Fig.10-1 Activity with computational science and technology by CCSE
Computational simulation is indispensable for analyzing the complex problems created by the accident at the Fukushima Daiichi Nuclear Power Station of Tokyo Electric Power Company, Incorporated, such as environmental dynamics of radioactive materials, volume reduction of polluted soil, and severe accident analysis. For example, to understand the kinds and forms of radioactive materials released by severe accidents, simulating the total system, ranging from atom-scale behavior involving impurities in nuclear fuel to wide-area environmental dynamics, is necessary. Since such simulations require large amounts of memory and computing time due to their complexity, employing supercomputers is necessary. The simulation technology for analyzing complex phenomena is the common foundation of nuclear research and development as well as severe accident analysis.

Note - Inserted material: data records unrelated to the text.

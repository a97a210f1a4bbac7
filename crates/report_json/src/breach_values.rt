//! The breaches of a rule: where, by how much, and the games that they name.

ghost use Rattle.std.specs.Prelude.{◌≡◌, ◌++◌, ◌<◌, map, IfOk, OnOk};
ghost use Rattle.fixtures.specs.Games.{round_count};
ghost use Rattle.league.specs.RuleLimits.{IsBodyFor};
ghost use Rattle.serde_json.specs.View.{view};
ghost use Rattle.report_breaches.specs.BreachText.{side_word};
ghost use Rattle.report_json.specs.within.Parts.{seen};
ghost use Rattle.report_json.specs.Rules.{breach_data, breaches_data, games_named, named_at, named_data, named_in, place_data, team_place};

use crate::meeting_values::both_value;
use crate::parts::push_value;
use fixtures::Schedule;
use league::{Rule, RuleBody};
use report_breaches::{Breach, Place, breaches_of, names_cell};
use serde_json::{Value, json};
use std::alloc::{AllocError, Global};

pub(crate) fn breaches_value(
    alloc: Global,
    schedule: &Schedule,
    rule: &Rule,
) -> Result<Value, AllocError>
    requires { IsBodyFor schedule.now.teams rule.now.body }
    ensures { IfOk result (λ value. view value ≡ breaches_data schedule.now rule.now.body) }
{
    let breaches = breaches_of(alloc, schedule, rule)?;
    let mut values = Vec::new(alloc);
    push_breaches(alloc, &mut values, schedule, &rule.body, &breaches)?;
    Ok(Value::from(values))
}

fn push_breaches(
    alloc: Global,
    values: &mut Vec<Value>,
    schedule: &Schedule,
    body: &RuleBody,
    breaches: &[Breach],
) -> Result<(), AllocError>
    requires { IsBodyFor schedule.now.teams body.now }
    ensures { OnOk result (seen values.new.items ≡ seen values.old.items ++ map (breach_data schedule.now body.now) breaches.now) }
{
    let mut rest = breaches;
    while let [breach, later @ ..] = rest {
        push_value(values, breach_value(alloc, schedule, body, *breach)?)?;
        rest = later;
    }
    Ok(())
}

fn breach_value(
    alloc: Global,
    schedule: &Schedule,
    body: &RuleBody,
    breach: Breach,
) -> Result<Value, AllocError>
    requires { IsBodyFor schedule.now.teams body.now }
    ensures { IfOk result (λ value. view value ≡ breach_data schedule.now body.now breach) }
{
    let games = games_value(alloc, schedule, body, breach.place)?;
    let place = place_value(alloc, breach.place)?;
    json!(in alloc; {
        "by": breach.by as u64,
        "games": games,
        "place": place,
        "side": side_word(breach.place),
    })
}

/// Whether there is too much or too little.
fn side_word(place: Place) -> &'static str
    ensures { result.now ≡ side_word place }
{
    match place {
        Place::GamesUnder | Place::Pair { .. } => "under",
        _ => "over",
    }
}

fn place_value(alloc: Global, place: Place) -> Result<Value, AllocError>
    ensures { IfOk result (λ value. view value ≡ place_data place) }
{
    match place {
        Place::GamesOf { team } | Place::BreaksOf { team } => team_value(alloc, team),
        Place::Window { team, first, last } => {
            let rounds = both_value(alloc, first, last)?;
            json!(in alloc; {"rounds": rounds, "team": team as u64 + 1})
        }
        Place::Round { round } => json!(in alloc; {"round": round as u64 + 1}),
        Place::Together | Place::GamesOver | Place::GamesUnder => json!(in alloc; {}),
        Place::Pair { low, high } => {
            let teams = both_value(alloc, low, high)?;
            json!(in alloc; {"teams": teams})
        }
        Place::PairIn { low, high, round } => {
            let teams = both_value(alloc, low, high)?;
            json!(in alloc; {"round": round as u64 + 1, "teams": teams})
        }
    }
}

fn team_value(alloc: Global, team: u8) -> Result<Value, AllocError>
    ensures { IfOk result (λ value. view value ≡ team_place team) }
{
    json!(in alloc; {"team": team as u64 + 1})
}

/// The games that the breach at the place names.
fn games_value(
    alloc: Global,
    schedule: &Schedule,
    body: &RuleBody,
    place: Place,
) -> Result<Value, AllocError>
    requires { IsBodyFor schedule.now.teams body.now }
    ensures { IfOk result (λ value. view value ≡ games_named schedule.now body.now place) }
{
    let mut games = Vec::new(alloc);
    for round in 0..schedule.rounds() {
        push_named_in(alloc, &mut games, schedule, body, (place, round))?;
    }
    Ok(Value::from(games))
}

fn push_named_in(
    alloc: Global,
    games: &mut Vec<Value>,
    schedule: &Schedule,
    body: &RuleBody,
    at: (Place, u8),
) -> Result<(), AllocError>
    requires body { IsBodyFor schedule.now.teams body.now }
    requires round { at.1 < round_count schedule.now.teams }
    ensures { OnOk result (seen games.new.items ≡ seen games.old.items ++ named_in schedule.now body.now at.0 at.1) }
{
    let (place, round) = at;
    for team in 0..schedule.teams() {
        push_named_at(alloc, games, schedule, body, (place, round, team))?;
    }
    Ok(())
}

/// Adds the game that the team has at home in the round, if it is named.
fn push_named_at(
    alloc: Global,
    games: &mut Vec<Value>,
    schedule: &Schedule,
    body: &RuleBody,
    at: (Place, u8, u8),
) -> Result<(), AllocError>
    requires body { IsBodyFor schedule.now.teams body.now }
    requires round { at.1 < round_count schedule.now.teams }
    requires team { at.2 < schedule.now.teams }
    ensures { OnOk result (seen games.new.items ≡ seen games.old.items ++ named_at schedule.now body.now at.0 at.1 at.2) }
{
    let (place, round, team) = at;
    let game = schedule.game_at(team, round);
    let is_named = game.home
        && (names_cell(schedule, body, place, team, round)
            || names_cell(schedule, body, place, game.opponent, round));
    if !is_named {
        return Ok(());
    }
    push_value(games, named_value(alloc, team, game.opponent, round)?)?;
    Ok(())
}

fn named_value(alloc: Global, home: u8, away: u8, round: u8) -> Result<Value, AllocError>
    ensures { IfOk result (λ value. view value ≡ named_data home away round) }
{
    json!(in alloc; {"away": away as u64 + 1, "home": home as u64 + 1, "round": round as u64 + 1})
}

At the Center for Computational Science & e-Systems (CCSE), we were developing the technology needed for highly accurate analysis of the physio-chemical phenomena that underlie the abovementioned complex phenomena and applying it to nuclear fuel and structure analysis. At present, we have expanded the established technology base by incorporating experimental results and observations and are tackling new problems related to the analysis of complex phenomena (Fig.10-1).
To understand why radioactive cesium (Cs) is adsorbed so strongly by clay minerals in soil, we solved a part of the adsorption mechanism by comparing the results of an atomistic simulation with those of observations and experiments (Chapter 1, Topic 1-7). This achievement through the use of computational science contributes to Fukushima reconstruction and revitalization. Other top research achievements include the following contents.
(1) Demonstration that hydrogen in low-temperature iron impedes the movement of defects (dislocations) related to the deformation of reactor materials (Topic 10-1).
(2) Systematic examination of the tolerance of a superconductor to its impurities using a supercomputer (Topic 10-2).
(3) Development of technology to improve numerical analysis by enabling interactive visualization between remote supercomputers and a local personal computer (Topic 10-3).
(4) Progress in technology to analyze the behavior of the total structure of a nuclear facility against earthquakes on the basis of the modeling of the many parts forming the facility and the joints between them (Topic 10-4).
CCSE continues to promote research and development of computational science and to domestically and internationally disseminate its results.